2話 エンジョイ勢、アキ②
それにしても、やはり異世界というのは面白そうなことばっかりである。
さっきギルドに入ってきた三人組はどうやら男1女2のパーティーのようである。
男の方は見た感じではそこまで屈強そうには見えないし、色白で黒っぽいローブのような物を羽織っているようだし恐らく魔法使いだろう。
二人いる女性のうち、一人は服の上からでもわかるしなやかな筋肉と最低限の鎧を装備した剣士、もう一人は修道女が着るような服を着ているから僧侶といった感じだ。
まず現代日本において見ることのできない光景に高揚が抑えられない。また、その光景が普通に馴染んでしまっている所がさらに素晴らしい。これが異世界か!
「アキさまー!適正審査を行いますのでこちらへお願いします!」
と、僕がそんな喜びをひしひしと実感していたところでさらに面白そうなものに呼ばれた。
適性検査がどのようなものかは分からない。だが、ギルドが普遍的な考えにおいて何の適性を測るのかはなんとなくだが予測はできた。
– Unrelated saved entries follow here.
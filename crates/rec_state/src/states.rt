//! The states of a record, two or sixteen, and how VAL and RVAL follow each other.
ghost use Rattle.std.specs.Prelude.{◌≡◌};
ghost use Rattle.rec_state.specs.States.{StateRules};
ghost use Rattle.rec_state.specs.StatesLaws.{IsLawfulStates};

use ioc_dbcommon::Got;
use ioc_fields::{OwnField, RecordType};
use ioc_menus::Severity;
use ioc_values::{Text, Value};

/// The states of a record, with the record types that have such states.
pub trait States: Copy {
    ghost rules: { StateRules Self };

    /// Creates the states of a new record, all 0 or empty.
    fn new() -> Self
        ensures { result ≡ rules.new };

    fn get(&self, field: OwnField) -> Option<Value>
        ensures { result ≡ rules.get self.now field };

    fn store(&mut self, field: OwnField, value: Value)
        ensures { self.new ≡ rules.stored self.old field value };

    fn texts(&self) -> &[Text]
        ensures { result.now ≡ rules.texts self.now };

    /// Returns the severity of a VAL.
    fn severity(&self, value: u16) -> Severity
        ensures { result ≡ rules.severity self.now value };

    /// Returns whether an input with this VAL has the alarms of states.
    fn has_alarms(value: u16) -> bool
        ensures { result ≡ rules.has_alarms value };

    /// Returns the bits of a raw input that MASK leaves.
    fn masked(mask: u32, raw: u32) -> u32
        ensures { result ≡ rules.masked mask raw };

    /// Returns the VAL for an RVAL.
    fn state_of(&self, raw: u32) -> u16
        ensures { result ≡ rules.state_of self.now raw };

    /// Returns the RVAL for a VAL, or `None` if RVAL stays the same.
    fn raw_of(&self, mask: u32, value: u16) -> Option<u32>
        ensures { result ≡ rules.raw_of self.now mask value };

    /// Returns whether an output sets RVAL after this input, by UDF.
    fn converts(got: &Got, undefined: u8) -> bool
        ensures { result ≡ rules.converts got.now undefined };

    /// Returns the bits of RVAL that are driven.
    fn driven(mask: u32, raw: u32) -> u32
        ensures { result ≡ rules.driven mask raw };

    /// Returns MASK after a load.
    fn loaded_mask(&self, mask: u32) -> u32
        ensures { result ≡ rules.loaded_mask self.now mask };

    /// Returns the VAL for a constant DOL, or `None` if VAL stays the same.
    fn constant(number: i64) -> Option<u16>
        ensures { result ≡ rules.constant number };

    /// Returns the record type that reads such states. `output_type` is the one that writes them.
    fn input_type() -> RecordType
        ensures { result ≡ rules.input_type };

    fn output_type() -> RecordType
        ensures { result ≡ rules.output_type };

    ghost lawful: { IsLawfulStates rules };
}
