//! The scan periods.
ghost use Rattle.std.specs.Prelude.{◌≡◌, Some};
ghost use Rattle.std.specs.Option.{IfSome};
ghost use Rattle.ioc_scan.specs.Places.{period_of};

use ioc_menus::Scan;

/// A scan period.
#[derive(Clone, Copy, PartialEq, Eq, PartialOrd, Ord, Debug)]
pub struct Period {
    /// Its length in tenths of a second, the shortest period.
    pub ticks: u16,
}

/// Returns the period of a choice of SCAN, or `None` for Passive, Event and I/O Intr.
pub fn period_of(scan: Scan) -> Option<Period>
    ensures { result ≡ period_of scan }
{
    let ticks = match scan {
        Scan::Passive | Scan::Event | Scan::IoIntr => return None,
        Scan::TenSeconds => 100,
        Scan::FiveSeconds => 50,
        Scan::TwoSeconds => 20,
        Scan::OneSecond => 10,
        Scan::HalfSecond => 5,
        Scan::FifthSecond => 2,
        Scan::TenthSecond => 1,
    };
    Some(Period { ticks })
}

/// Returns the choice of SCAN with this period, if there is one.
pub fn choice_of(period: Period) -> Option<Scan>
    ensures { IfSome result (λ choice. period_of choice ≡ Some period) }
{
    match period.ticks {
        1 => Some(Scan::TenthSecond),
        2 => Some(Scan::FifthSecond),
        5 => Some(Scan::HalfSecond),
        10 => Some(Scan::OneSecond),
        20 => Some(Scan::TwoSeconds),
        50 => Some(Scan::FiveSeconds),
        100 => Some(Scan::TenSeconds),
        _ => None,
    }
}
「アキ様、あなたにどのような魔法および魔術が向いているのかを検査します」
やはり魔法の適正のようだ。だが、実戦形式でないことは部屋の感じから分かった。
正面に居るのはオレンジ色の髪と目の男性一人。部屋の中には僕から見て左側に壁に沿って長い机があり、その上には紙と羽ペン、あとは占いで使うような水晶が置かれている。
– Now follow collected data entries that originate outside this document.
//! The scan list that a record is on.
ghost use Rattle.std.specs.Prelude.{◌≡◌};

use crate::period::{Period, period_of};
use crate::word::{Word, event_word, link_word};
use ioc_links::MAX_DEVICE_BYTES;
use ioc_menus::{Priority, Scan};
use ioc_values::{Short, Text};

/// A scan list.
#[derive(Clone, Copy, PartialEq, Eq, PartialOrd, Ord)]
pub enum ListName {
    /// The records that are processed with this period.
    Period(Period),
    /// The records that are processed when this event is posted.
    Event(Word),
    /// The records that are processed at an interrupt of the devices whose links begin with this
    /// word.
    Interrupt(Word),
    /// The records that are processed once when the engine starts: PINI.
    Start,
}

/// The place of a record: its list, PHAS, and PRIO.
#[derive(Clone, Copy, PartialEq, Eq)]
pub struct Placement {
    pub list: ListName,
    /// PHAS. Lower ones are processed first.
    pub phase: i16,
    pub priority: Priority,
}

impl ListName {
    ghost use Rattle.ioc_scan.specs.Lists.{list_of};

    /// Returns the list of a record with this SCAN and EVNT, and this text of its device link.
    /// Returns `None` if it is on no list: SCAN is Passive, or it is Event and EVNT names no event,
    /// or it is I/O Intr and the record has no device link.
    pub fn of(scan: Scan, event: Text, device: Option<Short<MAX_DEVICE_BYTES>>) -> Option<Self>
        ensures { result ≡ list_of scan event device }
    {
        match scan {
            Scan::Passive => None,
            Scan::Event => Some(ListName::Event(event_word(event)?)),
            Scan::IoIntr => Some(ListName::Interrupt(link_word(device?))),
            _ => Some(ListName::Period(period_of(scan)?)),
        }
    }
}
「私が大丈夫ですよ、と言うまでそこにある水晶の上に手を置いてください。水晶に触ることによってどのような魔法や魔術が秀でているかが分かります」
便利なアイテムである。
特別魔法を打ったことがない僕だったが触るだけで魔法の適性が分かるのはありがたい。流石に魔法の出し方は知らないからね。
といったかんじで水晶に触ってみると何か温かいものが体中を駆け巡ったような気がする。あと、ぼんやりと水晶が光っていることも分かった。
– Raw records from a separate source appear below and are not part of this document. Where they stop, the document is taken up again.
//! The fields that bi, bo, mbbi and mbbo share, and their alarms.
ghost use Rattle.std.specs.Prelude.{◌≡◌};
ghost use Rattle.ioc_record.specs.BodyRules.{BodyState};
ghost use Rattle.rec_state.specs.StateFields.{new_fields, fields_get, fields_stored, put, raw_taken_if, value_taken_if};
ghost use Rattle.rec_state.specs.StateFields.{converted, changed, tested, input_tested, input_worked, output_worked};
ghost use Rattle.rec_state.specs.StateFields.{constant_put, mask_loaded};

use crate::states::States;
use ioc_dbcommon::{
    Condition, Got, raw_came, raw_constant, severity_in, state_came, state_constant, state_in,
    ulong_in,
};
use ioc_fields::OwnField;
use ioc_menus::{Severity, Status};
use ioc_values::Value;

/// The fields that bi, bo, mbbi and mbbo share. Record Reference Manual, "Binary Input Record",
/// "Binary Output Record", "Multi-Bit Binary Input Record" and "Multi-Bit Binary Output Record".
#[derive(Clone, Copy, Drop)]
pub struct StateFields<S> {
    /// VAL.
    pub value: u16,
    /// RVAL.
    pub raw: u32,
    /// MASK.
    pub mask: u32,
    /// The states, with their texts and severities.
    pub states: S,
    /// COSV.
    pub change_severity: Severity,
    /// LALM.
    pub last_alarmed: u16,
}

impl<S: States> StateFields<S> {
    /// Creates the fields of a new record, all 0 or empty.
    #[tactic(auto, unfolding(crate::specs::StateFields::new_fields))]
    pub fn new() -> Self
        ensures { result ≡ new_fields S.rules }
    {
        StateFields {
            value: 0,
            raw: 0,
            mask: 0,
            states: S::new(),
            change_severity: Severity::NoAlarm,
            last_alarmed: 0,
        }
    }

    #[tactic(auto, unfolding(crate::specs::StateFields::fields_get))]
    pub fn get(&self, field: OwnField) -> Option<Value>
        ensures { result ≡ fields_get S.rules self.now field }
    {
        match field {
            OwnField::Val => Some(Value::Enum(self.value)),
            OwnField::Rval => Some(Value::ULong(self.raw)),
            OwnField::Mask => Some(Value::ULong(self.mask)),
            OwnField::Cosv => Some(Value::Enum(self.change_severity.number())),
            OwnField::Lalm => Some(Value::UShort(self.last_alarmed)),
            _ => self.states.get(field),
        }
    }

    // Stores a converted value.
    #[tactic(auto, unfolding(crate::specs::StateFields::fields_stored))]
    fn store(&mut self, field: OwnField, value: Value)
        ensures { self.new ≡ fields_stored S.rules self.old field value }
    {
        match field {
            OwnField::Val => self.value = state_in(value).unwrap_or(self.value),
            OwnField::Rval => self.raw = ulong_in(value).unwrap_or(self.raw),
            OwnField::Mask => self.mask = ulong_in(value).unwrap_or(self.mask),
            OwnField::Cosv => {
                self.change_severity = severity_in(value).unwrap_or(self.change_severity);
            }
            _ => self.states.store(field, value),
        }
    }

    /// Stores a converted value. VAL clears UDF.
    #[tactic(auto, unfolding(crate::specs::StateFields::put))]
    pub fn put(&mut self, condition: &mut Condition, field: OwnField, value: Value)
        ensures { record { body = self.new; condition = condition.new }
            ≡ put S.rules (record { body = self.old; condition = condition.old }) field value }
    {
        self.store(field, value);
        if let OwnField::Val = field {
            condition.undefined = 0;
        }
    }

    // Stores the bits of a number that MASK leaves in RVAL, if there is one, and sets VAL from it.
    #[tactic(auto, unfolding(crate::specs::StateFields::raw_taken))]
    fn take_raw_if(&mut self, condition: &mut Condition, raw: Option<u32>)
        ensures { record { body = self.new; condition = condition.new }
            ≡ raw_taken_if S.rules (record { body = self.old; condition = condition.old }) raw }
    {
        if let Some(raw) = raw {
            let bits = S::masked(self.mask, raw);
            self.value = self.states.state_of(bits);
            self.raw = bits;
            condition.undefined = 0;
        }
    }

    /// Stores a number in VAL and clears UDF, if there is one.
    pub fn take_value_if(&mut self, condition: &mut Condition, value: Option<u16>)
        ensures { record { body = self.new; condition = condition.new }
            ≡ value_taken_if (record { body = self.old; condition = condition.old }) value }
    {
        if let Some(value) = value {
            self.value = value;
            condition.undefined = 0;
        }
    }

    /// Sets RVAL from VAL. RVAL stays the same if there is none for this VAL.
    #[tactic(auto, unfolding(crate::specs::StateFields::converted))]
    pub fn convert(&mut self)
        ensures { self.new ≡ converted S.rules self.old }
    {
        if let Some(raw) = self.states.raw_of(self.mask, self.value) {
            self.raw = raw;
        }
    }

    // Raises COS if the state has changed.
    #[tactic(auto, unfolding(crate::specs::StateFields::changed))]
    fn test_change(&mut self, condition: &mut Condition)
        ensures { record { body = self.new; condition = condition.new } ≡ changed (record { body = self.old; condition = condition.old }) }
    {
        if self.value != self.last_alarmed {
            condition.raise(Status::Cos, self.change_severity);
            self.last_alarmed = self.value;
        }
    }

    // Raises the alarm of an undefined value, or else those of the state and of a change.
    #[tactic(auto, unfolding(crate::specs::StateFields::tested))]
    fn test(&mut self, condition: &mut Condition)
        ensures { record { body = self.new; condition = condition.new }
            ≡ tested S.rules (record { body = self.old; condition = condition.old }) }
    {
        if condition.undefined == 0 {
            condition.raise(Status::State, self.states.severity(self.value));
            self.test_change(condition);
        } else {
            let severity = condition.undefined_severity;
            condition.raise(Status::Udf, severity);
        }
    }

    // Raises the alarms of an input. A defined VAL that isn't a state may have none.
    #[tactic(auto, unfolding(crate::specs::StateFields::input_tested))]
    fn test_input(&mut self, condition: &mut Condition)
        ensures { record { body = self.new; condition = condition.new }
            ≡ input_tested S.rules (record { body = self.old; condition = condition.old }) }
    {
        if condition.undefined != 0 || S::has_alarms(self.value) {
            self.test(condition);
        }
    }

    /// Takes what an input read, in RVAL if it is the raw value, or else in VAL, and raises alarms.
    #[tactic(auto, unfolding(crate::specs::StateFields::input_worked))]
    pub fn work_input(&mut self, condition: &mut Condition, raw: bool, got: &Got)
        ensures { record { body = self.new; condition = condition.new }
            ≡ input_worked S.rules raw (record { body = self.old; condition = condition.old }) got.now }
    {
        if raw {
            self.take_raw_if(condition, raw_came(got, self.raw));
        } else {
            self.take_value_if(condition, state_came(got, self.value));
        }
        self.test_input(condition);
    }

    /// Takes the VAL of an output, sets RVAL from it, and raises alarms.
    #[tactic(auto, unfolding(crate::specs::StateFields::output_worked))]
    pub fn work_output(&mut self, condition: &mut Condition, got: &Got)
        ensures { record { body = self.new; condition = condition.new }
            ≡ output_worked S.rules (record { body = self.old; condition = condition.old }) got.now }
    {
        self.take_value_if(condition, state_came(got, self.value));
        if S::converts(got, condition.undefined) {
            self.convert();
        }
        self.test(condition);
    }

    /// Puts a constant INP into RVAL if the raw value is read, or else into VAL if it is from 0 to
    /// 65535.
    pub fn put_constant(&mut self, condition: &mut Condition, raw: bool, constant: i64)
        ensures { record { body = self.new; condition = condition.new }
            ≡ constant_put raw (record { body = self.old; condition = condition.old }) constant }
    {
        if raw {
            self.raw = raw_constant(constant).unwrap_or(self.raw);
        } else {
            self.take_value_if(condition, state_constant(constant));
        }
    }

    /// Sets MASK at load.
    pub fn load_mask(&mut self)
        ensures { self.new ≡ mask_loaded S.rules self.old }
    {
        self.mask = self.states.loaded_mask(self.mask);
    }
}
おそらく体内時計では一分もしないうちに男性から「大丈夫ですよ、分かりました」と言われたような気がする。
しかし、少し男性は困惑したように伝えてくる。
「これは、不具合なのかどうか……?魔術適正値が全部同じ数字なんですよ。バランスが良いというかなんというか。別の水晶でもう一度試してもらってもいいですか?」
快く了承した。別に何か減るようなものでもないし。
でも、別の水晶でやっても結果は変わらなかった。
「どうやら、本当に全部の魔術適正が同じみたいです。全体的に初期の中央値よりは高いのですが……。おそらく何やってもそこそこまでならいけるっていう感じですかね」
男性は微妙かなといった結果を下したが僕にとってはこれ以上ない結果かもしれない。